Les autorités judiciaires se mettent à faire, clairement, de la politique, et menacent donc l’Etat de droit.  La justice allemande a reconnu mercredi le principe d’une responsabilité mondiale des entreprises productrices d’électricité dans les dommages liés aux émissions de gaz à effet de serre, quel que soit l’endroit où ils se produisent. Il s’agit, selon les ONG environnementales, d’un précédent potentiellement très important pour les litiges liés au réchauffement climatique. « S’il y a menace de préjudice, le responsable des émissions de CO2 pourrait être tenu de prendre des mesures pour les empêcher », même si les dommages surviennent très loin de l’endroit où le producteur d’énergie se trouve, a tranché la cour d’appel de Hamm, saisie par un paysan péruvien s’estimant menacé par la fonte d’un glacier dans les Andes. C’est une « décision de principe historique » qui soutiendra les actions en justice, déjà nombreuses, contre les entreprises productrices d’énergie fossile, s’est félicitée l’ONG German Watch dans un communiqué.
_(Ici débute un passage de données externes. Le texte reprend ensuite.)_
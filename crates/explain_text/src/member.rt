// The constraints of one member, with its entries in order.
ghost use Rattle.std.specs.Prelude.{◌≡◌, ℕ, List, [], Contains, IfOk, IfSome, IfNone, IsPermutation, bytes_eq, map};
ghost use Rattle.std.specs.List.{IsDistinct};
ghost use Rattle.der_core.specs.Reads.{Answers};
ghost use Rattle.cert_fields.specs.Constraints.{ContentConstraint};
ghost use Rattle.cert_fields.specs.ConstraintsView.{entry_view};
ghost use Rattle.constraint_meet.specs.Grants.{entries_of};
ghost use Rattle.constraint_meet.specs.Permits.{entry_for, deciding};
ghost use Rattle.explain_text.specs.Granted.{source_of};
ghost use Rattle.explain_text.specs.Kept.{AscendByContent};

use cert_fields::{Ccc, CccEntry};
use constraint_meet::{ANY_CONTENT, Grant};
use std::alloc::{AllocError, Global};
use std::marker::Model;

// A member of a path, seen as the entries of its constraints; without constraints it has none.
// Beside them its entries are kept in ascending order of their content types.
#[derive(Drop)]
pub(crate) struct Member<'a> {
    constraints: Option<Ccc<'a>>,
    ordered: Vec<CccEntry<'a>>,
}

impl<'a> Model for Member<'a> {
    ghost use Rattle.std.specs.Prelude.{List};
    ghost use Rattle.cert_fields.specs.Constraints.{ContentConstraint};
    ghost use Rattle.constraint_meet.specs.Grants.{entries_of};
    ghost use Rattle.explain_text.specs.Kept.{AreKept};

    ghost Value = { List ContentConstraint };

    ghost view = { λ m. entries_of m.constraints };

    ghost invariant = { λ m. AreKept (entries_of m.constraints) m.ordered.items };
}

// The entries, in their order.
fn entries_in<'a>(alloc: Global, ccc: &Ccc<'a>) -> Result<Vec<CccEntry<'a>>, AllocError>
    ensures same { IfOk result (λ entries. map entry_view entries.items ≡ ccc.now) }
{
    let mut entries = Vec::new(alloc);
    let mut left = ccc.entries();
    while let Some(entry) = left.next() {
        entries.push(entry)?;
    }
    Ok(entries)
}

// The entries in ascending order of their content types. Takes no memory.
fn in_order(mut entries: Vec<CccEntry<'_>>) -> Vec<CccEntry<'_>>
    ensures same { IsPermutation entries.entry.items result.items }
    ensures ordered { AscendByContent result.items }
{
    entries.sort_unstable_by(|this, that| this.content.octets().cmp(that.content.octets()));
    entries
}

// The content types of constraints differ.
fn types_differ(ccc: &Ccc<'_>)
    ensures { IsDistinct bytes_eq (map (λ e. e.content) ccc.now) }
{
    ccc.entries();
}

// An entry of this content type, where there is one among entries in order.
fn find_entry<'b, 'a>(entries: &'b [CccEntry<'a>], content: &[u8]) -> Option<&'b CccEntry<'a>>
    requires ordered { AscendByContent entries.now }
    ensures found { IfSome result (λ entry.
        Contains entries.now entry.now × (entry.now.content ≡ content.now)) }
    ensures none { IfNone result ((entry : CccEntry) → Contains entries.now entry
        → entry.content ≡ content.now → ⊥) }
{
    match entries.binary_search_by(|entry| entry.content.octets().cmp(content)) {
        Ok(place) => Some(&entries[place]),
        Err(_) => None,
    }
}

impl<'a> Member<'a> {
    // The member with these constraints, where it has any.
    fn new(alloc: Global, constraints: Option<Ccc<'a>>) -> Result<Member<'a>, AllocError>
        ensures same { IfOk result (λ member. member ≡ entries_of constraints.entry) }
    {
        match constraints {
            Some(ccc) => Member::with(alloc, ccc),
            None => Ok(Member {
                constraints: None,
                ordered: Vec::new(alloc),
            }),
        }
    }

    fn with(alloc: Global, ccc: Ccc<'a>) -> Result<Member<'a>, AllocError>
        ensures same { IfOk result (λ member. member ≡ ccc.entry) }
    {
        types_differ(&ccc);
        let ordered = in_order(entries_in(alloc, &ccc)?);
        Ok(Member {
            constraints: Some(ccc),
            ordered,
        })
    }

    // The entries, in ascending order of their content types.
    pub(crate) fn entries(&self) -> &[CccEntry<'a>]
        ensures same { IsPermutation self.now (map entry_view result.now) }
    {
        &self.ordered
    }

    // The entry of a content type.
    pub(crate) fn entry_for(&self, content: &[u8]) -> Option<&CccEntry<'a>>
        ensures exact { Answers (λ e. entry_view e.now) result (entry_for content.now self.now) }
    {
        find_entry(&self.ordered, content)
    }

    // The entry that decides for a content type.
    fn deciding(&self, content: &[u8]) -> Option<&CccEntry<'a>>
        ensures exact { Answers (λ e. entry_view e.now) result (deciding content.now self.now) }
    {
        match self.entry_for(content) {
            Some(own) => Some(own),
            None => self.entry_for(&ANY_CONTENT),
        }
    }

    // The entry that decides for a content type, where it says canSource.
    pub(crate) fn source_of(&self, content: &[u8]) -> Option<&CccEntry<'a>>
        ensures exact { Answers (λ e. entry_view e.now) result (source_of content.now self.now) }
    {
        match self.deciding(content) {
            Some(entry) if entry.can_source => Some(entry),
            _ => None,
        }
    }
}

// The members of a grant, in their order.
pub(crate) fn members_of<'a>(
    alloc: Global,
    grant: &Grant<'a>,
) -> Result<Vec<Member<'a>>, AllocError>
    ensures same { IfOk result (λ members. members.items ≡ grant.now) }
{
    let mut members = Vec::new(alloc);
    for place in 0..grant.member_count() {
        let member = Member::new(alloc, grant.constraints_at(place))?;
        members.reserve(1)?;
        members.push_reserved(member);
    }
    Ok(members)
}
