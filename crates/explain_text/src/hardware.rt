// Listed hardware types, looked up by the values that list them.
ghost use Rattle.std.specs.Prelude.{◌≡◌, ◌++◌, ℕ, List, [], Contains, IfOk, OnOk, IfSome, IfNone, IsPermutation, is_some, map};
ghost use Rattle.std.specs.List.{list_all, list_any};
ghost use Rattle.package_attrs.specs.ListReading.{targets_of};
ghost use Rattle.explain_text.specs.Keys.{AreOf, AscendByNumber, are_listed, is_key, types_from, types_in};
ghost use Rattle.explain_text.specs.Ordered.{lent};

use crate::keys::{in_order, is_key, keys_of};
use der_core::Oid;
use package_attrs::{Targets, read_targets};
use std::alloc::{AllocError, Global};

// Adds hardware types, with the place of the value that lists them.
fn push_types(
    keys: &mut Vec<(Oid, u128)>,
    types: Targets<'_>,
    place: usize,
) -> Result<(), AllocError>
    ensures { OnOk result
        (keys.new.items ≡ keys.old.items ++ map (λ id. (id, place)) types.entry) }
{
    let mut left = types;
    while let Some(id) = left.next() {
        keys.push((id, place as u128))?;
    }
    Ok(())
}

// Those that a value lists.
fn push_value(keys: &mut Vec<(Oid, u128)>, value: &[u8], place: usize) -> Result<(), AllocError>
    ensures { OnOk result (keys.new.items
        ≡ keys.old.items ++ map (λ id. (id, place)) (types_in value.now)) }
{
    match read_targets(value) {
        Some(types) => push_types(keys, types, place),
        None => Ok(()),
    }
}

// Those of all values, in order.
pub(crate) fn types_of(alloc: Global, values: &[&[u8]]) -> Result<Vec<(Oid, u128)>, AllocError>
    ensures same { IfOk result
        (λ keys. IsPermutation (types_from 0 (lent values.now)) keys.items) }
    ensures ordered { IfOk result (λ keys. AscendByNumber keys.items) }
{
    let mut keys = Vec::new(alloc);
    let mut place = 0;
    for value in values {
        push_value(&mut keys, value, place)?;
        place += 1;
    }
    Ok(in_order(keys))
}

// Whether the value at a place lists each of these.
fn lists_each(keys: &[(Oid, u128)], types: &Targets<'_>, place: u128) -> bool
    requires ordered { AscendByNumber keys.now }
    ensures { result ≡ list_all (λ id. is_key keys.now id place) types.now }
{
    types.iter().all(|id| is_key(keys, id.octets(), place))
}

// Whether that at one of the places does.
fn one_lists_each(keys: &[(Oid, u128)], places: &[(Oid, u128)], types: &Targets<'_>) -> bool
    requires ordered { AscendByNumber keys.now }
    ensures { result ≡ list_any
        (λ key. list_all (λ id. is_key keys.now id key.1) types.now) places.now }
{
    for key in places {
        if lists_each(keys, types, key.1) {
            return true;
        }
    }
    false
}

// The places of one of these hardware types, of that which the fewest values list.
fn fewest_places<'b>(keys: &'b [(Oid, u128)], types: &Targets<'_>) -> Option<&'b [(Oid, u128)]>
    requires ordered { AscendByNumber keys.now }
    ensures one { IfSome result (λ places. (id : List ℕ)
        × Contains types.now id × AreOf keys.now id places.now) }
    ensures none { IfNone result (types.now ≡ []) }
{
    let mut left = types.iter();
    let mut fewest = keys_of(keys, left.next()?.octets());
    while let Some(id) = left.next() {
        let places = keys_of(keys, id.octets());
        if places.len() < fewest.len() {
            fewest = places;
        }
    }
    Some(fewest)
}

// Whether one of the values is a list of hardware types.
fn has_list(values: &[&[u8]]) -> bool
    ensures { result ≡ list_any (λ one. is_some (targets_of one)) (lent values.now) }
{
    for value in values {
        if read_targets(value).is_some() {
            return true;
        }
    }
    false
}

// Whether one of the values lists all hardware types of this one.
pub(crate) fn are_listed(keys: &[(Oid, u128)], values: &[&[u8]], value: &[u8]) -> bool
    requires ordered { AscendByNumber keys.now }
    requires same { IsPermutation (types_from 0 (lent values.now)) keys.now }
    ensures { result ≡ are_listed (lent values.now) value.now }
{
    let Some(types) = read_targets(value) else {
        return false;
    };
    match fewest_places(keys, &types) {
        Some(places) => one_lists_each(keys, places, &types),
        None => has_list(values),
    }
}
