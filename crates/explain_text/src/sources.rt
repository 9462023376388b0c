// What the entries that decide for a content type constrain.
ghost use Rattle.std.specs.Prelude.{◌≡◌, ◌++◌, IfOk, OnOk, IfSome, IsPermutation, map, option_map};
ghost use Rattle.der_core.specs.AttributeView.{attribute_view};
ghost use Rattle.der_core.specs.Reads.{Answers};
ghost use Rattle.explain_text.specs.Granted.{sources_of, constrained_by, IsKind};
ghost use Rattle.explain_text.specs.Kept.{AscendByKind};
ghost use Rattle.explain_text.specs.Ordered.{AreExactly};

use crate::member::Member;
use crate::ordered::put_types_in_order;
use cert_fields::AttrConstraints;
use der_core::{Attr, Oid};
use std::alloc::{AllocError, Global};

// Adds constrained attributes.
fn push_constrained<'a>(
    all: &mut Vec<Attr<'a>>,
    attributes: &AttrConstraints<'a>,
) -> Result<(), AllocError>
    ensures { OnOk result (map attribute_view all.new.items
        ≡ map attribute_view all.old.items ++ attributes.now) }
{
    let mut left = attributes.iter();
    while let Some(attribute) = left.next() {
        all.reserve(1)?;
        all.push_reserved(attribute);
    }
    Ok(())
}

// What the deciding entries of all members constrain, where each member has one that says canSource.
pub(crate) fn constrained_by<'a>(
    alloc: Global,
    members: &[Member<'a>],
    content: &[u8],
) -> Result<Option<Vec<Attr<'a>>>, AllocError>
    ensures exact { IfOk result (λ answer. Answers (λ all. map attribute_view all.items) answer
        (option_map constrained_by (sources_of content.now members.now))) }
{
    let mut all = Vec::new(alloc);
    for member in members {
        let Some(source) = member.source_of(content) else {
            return Ok(None);
        };
        push_constrained(&mut all, &source.attributes)?;
    }
    Ok(Some(all))
}

// The attributes in ascending order of their types. Takes no memory.
pub(crate) fn in_order(mut attributes: Vec<Attr<'_>>) -> Vec<Attr<'_>>
    ensures same { IsPermutation attributes.entry.items result.items }
    ensures ordered { AscendByKind result.items }
{
    attributes.sort_unstable_by(|this, that| this.kind.octets().cmp(that.kind.octets()));
    attributes
}

// The types of attributes, in ascending order, each once.
pub(crate) fn kinds_of(alloc: Global, attributes: &[Attr<'_>]) -> Result<Vec<Oid>, AllocError>
    ensures { IfOk result (λ kinds. AreExactly (IsKind (map attribute_view attributes.now)) kinds.items) }
{
    let mut kinds = Vec::new(alloc);
    for attribute in attributes {
        kinds.push(attribute.kind)?;
    }
    put_types_in_order(&mut kinds);
    Ok(kinds)
}
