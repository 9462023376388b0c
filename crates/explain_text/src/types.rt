// The content types that members name.
ghost use Rattle.std.specs.Prelude.{◌≡◌, ◌↔◌, ◌⊎◌, ℕ, List, Contains, IfOk, OnOk, bytes_eq, map};
ghost use Rattle.cert_fields.specs.ConstraintsView.{entry_view};
ghost use Rattle.constraint_meet.specs.Permits.{any_content};
ghost use Rattle.explain_text.specs.Granted.{IsOwnType};
ghost use Rattle.explain_text.specs.Kept.{HasOwnType};
ghost use Rattle.explain_text.specs.Ordered.{AreExactly};

use crate::member::Member;
use crate::ordered::put_types_in_order;
use cert_fields::CccEntry;
use constraint_meet::ANY_CONTENT;
use der_core::Oid;
use std::alloc::{AllocError, Global};

fn is_any_content(content: &Oid) -> bool
    ensures { result ≡ bytes_eq content.now any_content }
{
    content.octets() == ANY_CONTENT.as_slice()
}

// Adds the content types of entries, but anyContentType.
fn push_types(types: &mut Vec<Oid>, entries: &[CccEntry<'_>]) -> Result<(), AllocError>
    ensures { OnOk result ((content : List ℕ) → Contains types.new.items content
        ↔ (Contains types.old.items content
        ⊎ HasOwnType (map entry_view entries.now) content)) }
{
    for entry in entries {
        if !is_any_content(&entry.content) {
            types.push(entry.content)?;
        }
    }
    Ok(())
}

// The content types of all members, but anyContentType, in the order in which they come.
fn all_types(alloc: Global, members: &[Member<'_>]) -> Result<Vec<Oid>, AllocError>
    ensures { IfOk result (λ types. (content : List ℕ) → Contains types.items content
        ↔ IsOwnType members.now content) }
{
    let mut types = Vec::new(alloc);
    for member in members {
        push_types(&mut types, member.entries())?;
    }
    Ok(types)
}

// The same, in ascending order of their octets, each once.
pub(crate) fn own_types(alloc: Global, members: &[Member<'_>]) -> Result<Vec<Oid>, AllocError>
    ensures { IfOk result (λ types. AreExactly (IsOwnType members.now) types.items) }
{
    let mut types = all_types(alloc, members)?;
    put_types_in_order(&mut types);
    Ok(types)
}
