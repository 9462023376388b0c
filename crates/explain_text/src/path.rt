// The line of a path.
ghost use Rattle.std.specs.Prelude.{◌≡◌, ◌++◌, string_bytes, OnOk, OnErr, IfOk};
ghost use Rattle.explain_text.specs.Lines.{path_line};

use std::alloc::{AllocError, Global};
use std::fmt::Write;

fn line_of(alloc: Global, certificates: usize, anchor: usize) -> Result<String, AllocError>
    ensures line { IfOk result (λ line. string_bytes line ≡ path_line certificates anchor) }
{
    let mut line = String::new(alloc);
    writeln!(line, "path {certificates} anchor {anchor}")?;
    Ok(line)
}

/// Appends the line of a path: how many certificates it has, and the place of its anchor among the
/// anchors, from 0. For want of memory the list stays as it was.
pub fn put_path(
    alloc: Global,
    out: &mut Vec<u8>,
    certificates: usize,
    anchor: usize,
) -> Result<(), AllocError>
    ensures ok { OnOk result (out.new.items ≡ out.old.items ++ path_line certificates anchor) }
    ensures err { OnErr result (out.new.items ≡ out.old.items) }
{
    let line = line_of(alloc, certificates, anchor)?;
    out.extend_from_slice(line.as_bytes())
}
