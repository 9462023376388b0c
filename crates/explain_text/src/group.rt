// The attributes of one type, among attributes in order.
ghost use Rattle.std.specs.Prelude.{◌≡◌, ◌≤◌, true, false, length, map};
ghost use Rattle.der_core.specs.AttributeView.{attribute_view};
ghost use Rattle.std.specs.List.Sorted.{IsPartitionPoint};
ghost use Rattle.std.specs.Cmp.Lexicographic.{slice_cmp};
ghost use Rattle.std.specs.Ordering.{is_le, is_lt, nat_cmp};
ghost use Rattle.explain_text.specs.Kept.{AscendByKind, IsGroup};

use der_core::Attr;

// How many attributes come before those of this type.
fn first_of(attributes: &[Attr<'_>], kind: &[u8]) -> usize
    requires ordered { AscendByKind attributes.now }
    ensures bound { result ≤ length attributes.now }
    ensures parted { IsPartitionPoint
        (λ a. is_lt (slice_cmp nat_cmp a.kind kind.now) ≡ true)
        (λ a. is_lt (slice_cmp nat_cmp a.kind kind.now) ≡ false) attributes.now result }
{
    attributes.partition_point(|attribute| attribute.kind.octets().cmp(kind).is_lt())
}

// How many come before all those behind this type.
fn end_of(attributes: &[Attr<'_>], kind: &[u8]) -> usize
    requires ordered { AscendByKind attributes.now }
    ensures bound { result ≤ length attributes.now }
    ensures parted { IsPartitionPoint
        (λ a. is_le (slice_cmp nat_cmp a.kind kind.now) ≡ true)
        (λ a. is_le (slice_cmp nat_cmp a.kind kind.now) ≡ false) attributes.now result }
{
    attributes.partition_point(|attribute| attribute.kind.octets().cmp(kind).is_le())
}

// Those of this type, which stand side by side.
pub(crate) fn group_of<'b, 'a>(attributes: &'b [Attr<'a>], kind: &[u8]) -> &'b [Attr<'a>]
    requires ordered { AscendByKind attributes.now }
    ensures { IsGroup (map attribute_view attributes.now) kind.now (map attribute_view result.now) }
{
    let first = first_of(attributes, kind);
    let end = end_of(attributes, kind);
    &attributes[first..end]
}
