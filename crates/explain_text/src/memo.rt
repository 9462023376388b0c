// Values of lines that were made before: where several content types come down to the same entries for
// any content, what these allow of an attribute is found out once.
ghost use Rattle.std.specs.Prelude.{◌≡◌, ◌++◌, List, ℕ, IfOk, IfSome, IsTrue, OnOk, map, string_bytes};
ghost use Rattle.der_core.specs.AttributeView.{attribute_view};
ghost use Rattle.explain_text.specs.GrantText.{kind_line};
ghost use Rattle.explain_text.specs.Kept.{AddsValues, IsOfEach};
ghost use Rattle.explain_text.specs.Ordered.{AreExactly};

use crate::member::Member;
use crate::ordered::put_types_in_order;
use crate::values::push_shared;
use cert_fields::AttrConstraints;
use constraint_meet::ANY_CONTENT;
use der_core::{Attr, Oid};
use report_text::push_oid;
use std::alloc::{AllocError, Global};
use std::marker::Model;

// Attributes of one type, seen with the text of the values that they all allow.
#[derive(Drop)]
struct Values<'a> {
    attributes: Vec<Attr<'a>>,
    text: String,
}

impl<'a> Model for Values<'a> {
    ghost use Rattle.std.specs.Prelude.{[], ℕ, List, map, string_bytes};
    ghost use Rattle.der_core.specs.Attribute.{Attribute};
    ghost use Rattle.der_core.specs.AttributeView.{attribute_view};
    ghost use Rattle.explain_text.specs.Kept.{AddsValues};

    ghost Value = { List Attribute × List ℕ };

    ghost view = { λ v. (map attribute_view v.attributes.items, string_bytes v.text) };

    ghost invariant = { λ v. AddsValues (map attribute_view v.attributes.items) []
        (string_bytes v.text) };
}

// Whether they are the same one by one.
fn are_same(these: &[Attr<'_>], those: &[Attr<'_>]) -> bool
    ensures { IsTrue result
        → map attribute_view these.now ≡ map attribute_view those.now }
{
    if these.len() != those.len() {
        return false;
    }
    for place in 0..these.len() {
        if !is_same(&these[place], &those[place]) {
            return false;
        }
    }
    true
}

fn is_same(this: &Attr<'_>, that: &Attr<'_>) -> bool
    ensures { IsTrue result → attribute_view this.now ≡ attribute_view that.now }
{
    this.kind == that.kind && this.values == that.values
}

impl<'a> Values<'a> {
    fn new(alloc: Global, attributes: &[Attr<'a>]) -> Result<Values<'a>, AllocError>
        ensures same { IfOk result (λ values. values.0 ≡ map attribute_view attributes.now) }
    {
        let mut text = String::new(alloc);
        push_shared(alloc, &mut text, attributes)?;
        Ok(Values {
            attributes: attributes.to_vec(alloc)?,
            text,
        })
    }

    // Whether they are the values of these attributes.
    fn are_of(&self, attributes: &[Attr<'_>]) -> bool
        ensures { IsTrue result → self.now.0 ≡ map attribute_view attributes.now }
    {
        are_same(&self.attributes, attributes)
    }

    // Appends them.
    fn push_to(&self, text: &mut String) -> Result<(), AllocError>
        ensures ok { OnOk result
            (AddsValues self.now.0 (string_bytes text.old) (string_bytes text.new)) }
    {
        text.push_str(&self.text)
    }
}

// Those of these attributes, where they were made before.
fn find_values<'b, 'a>(all: &'b [Values<'a>], attributes: &[Attr<'_>]) -> Option<&'b Values<'a>>
    ensures { IfSome result (λ values. values.now.0 ≡ map attribute_view attributes.now) }
{
    for values in all {
        if values.are_of(attributes) {
            return Some(values);
        }
    }
    None
}

// Appends the values that these attributes allow, and keeps them.
fn push_kept<'a>(
    alloc: Global,
    text: &mut String,
    all: &mut Vec<Values<'a>>,
    attributes: &[Attr<'a>],
) -> Result<(), AllocError>
    ensures ok { OnOk result (AddsValues (map attribute_view attributes.now)
        (string_bytes text.old) (string_bytes text.new)) }
{
    if let Some(values) = find_values(all, attributes) {
        return values.push_to(text);
    }
    let values = Values::new(alloc, attributes)?;
    values.push_to(text)?;
    all.reserve(1)?;
    all.push_reserved(values);
    Ok(())
}

// Adds the types of constrained attributes.
fn push_kinds(kinds: &mut Vec<Oid>, attributes: &AttrConstraints<'_>) -> Result<(), AllocError> {
    let mut left = attributes.iter();
    while let Some(attribute) = left.next() {
        kinds.push(attribute.kind)?;
    }
    Ok(())
}

// The types of attributes that the members' entries of a content type constrain, in order. What is
// printed doesn't depend on them.
fn kinds_for(
    alloc: Global,
    members: &[Member<'_>],
    content: &[u8],
) -> Result<Vec<Oid>, AllocError> {
    let mut kinds = Vec::new(alloc);
    for member in members {
        if let Some(entry) = member.entry_for(content) {
            push_kinds(&mut kinds, &entry.attributes)?;
        }
    }
    put_types_in_order(&mut kinds);
    Ok(kinds)
}

fn place_in(kinds: &[Oid], kind: &Oid) -> Option<usize> {
    kinds
        .binary_search_by(|other| other.octets().cmp(kind.octets()))
        .ok()
}

// What was made of attributes that entries for any content alone constrain, by their types.
#[derive(Drop)]
pub(crate) struct Memo<'a> {
    // The types that entries for any content constrain, in order.
    kinds: Vec<Oid>,
    made: Vec<Vec<Values<'a>>>,
    // Those that entries of the present content type constrain.
    own: Vec<Oid>,
}

impl<'a> Memo<'a> {
    pub(crate) fn new(alloc: Global, members: &[Member<'a>]) -> Result<Memo<'a>, AllocError> {
        let kinds = kinds_for(alloc, members, &ANY_CONTENT)?;
        let mut made = Vec::new(alloc);
        for _ in &kinds {
            made.reserve(1)?;
            made.push_reserved(Vec::new(alloc));
        }
        Ok(Memo {
            kinds,
            made,
            own: Vec::new(alloc),
        })
    }

    // Goes on to another content type.
    pub(crate) fn turn_to(
        &mut self,
        alloc: Global,
        members: &[Member<'a>],
        content: &[u8],
    ) -> Result<(), AllocError> {
        self.own = kinds_for(alloc, members, content)?;
        Ok(())
    }

    // Those that are kept of a type: none where an entry of the present content type constrains it,
    // since that entry decides for no other.
    fn made_of(&mut self, kind: &Oid) -> Option<&mut Vec<Values<'a>>> {
        if place_in(&self.own, kind).is_some() {
            return None;
        }
        let place = place_in(&self.kinds, kind)?;
        self.made.get_mut(place)
    }

    // Appends the values of these attributes, which are all of one type.
    fn push_values(
        &mut self,
        alloc: Global,
        text: &mut String,
        kind: &Oid,
        attributes: &[Attr<'a>],
    ) -> Result<(), AllocError>
        ensures ok { OnOk result (AddsValues (map attribute_view attributes.now)
            (string_bytes text.old) (string_bytes text.new)) }
    {
        match self.made_of(kind) {
            Some(made) => push_kept(alloc, text, made, attributes),
            None => push_shared(alloc, text, attributes),
        }
    }

    // The line of a type of attributes, where these are all that are of it.
    pub(crate) fn push_kind(
        &mut self,
        alloc: Global,
        text: &mut String,
        kind: &Oid,
        attributes: &[Attr<'a>],
    ) -> Result<(), AllocError>
        ensures ok { OnOk result ((values : List (List ℕ))
            × AreExactly (IsOfEach (map attribute_view attributes.now)) values
            × (string_bytes text.new ≡ string_bytes text.old ++ kind_line kind.now values)) }
    {
        text.push_str("attr ")?;
        push_oid(alloc, text, kind)?;
        self.push_values(alloc, text, kind, attributes)?;
        text.push('\n')
    }
}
A l’inverse, le géant allemand de l’énergie RWE, qui était visé par la plainte, a jugé « inadmissible » l’idée qu’on puisse tenir les émetteurs de CO2 pour responsable de dégâts climatiques partout dans le monde, s’inquiétant de « conséquences imprévisibles pour l’économie allemande et son industrie » déjà en crise.
La justice statuait donc sur la plainte d’un agriculteur péruvien qui affirmait que le producteur d’électricité allemand devait être tenu en partie responsable de risques d’inondation de sa maison, liés, à ses yeux, à la fonte d’un glacier dans la cordillère des Andes. RWE n’a certes pas de centrales au Pérou, ni de lien direct avec les effets locaux du réchauffement climatique à Huataz, son village. Mais selon une étude commandée par Germanwatch, l’ONG qui soutient le plaignant, RWE est responsable de 0,38% des émissions mondiales de gaz à effet de serre depuis le début de l’ère industrielle. Et il devrait à ce titre payer les dégâts à hauteur de sa responsabilité. Les juges se sont appuyés sur le code civil allemand pour donner raison au plaignant sur le principe d’une indemnisation de préjudice climatique.
Depuis la première action en justice de cet agriculteur en 2015, les militants de l’environnement comptaient sur cette affaire pour obtenir un principe de dédommagement des pays du Sud victimes de la pollution du Nord.
La jurisprudence de cet arrêt voudrait donc que toute entreprise industrielle, de n’importe quel secteur d’activité, car pas de raison de se limiter à l’électricité, puisse être poursuivie, où qu’elle se trouve par des plaignants de n’importe quel pays au motif d’une responsabilité supposée dans le réchauffement climatique. En clair, les juges voudraient faire disparaître la société industrielle dont l’essor depuis deux siècles s’est accompagné d’une amélioration spectaculaire des conditions de vie de l’immense majorité des humains.
12 réponses
Dans ce genre de logique absurde, allons au bout du raisonnement: le responsable ce n’est pas l’entreprise mais le consommateur, à l’origine de la demande donc de la consommation d’énergie, Cest donc lui, le commanditaire, qui doit payer, pas l’entreprise!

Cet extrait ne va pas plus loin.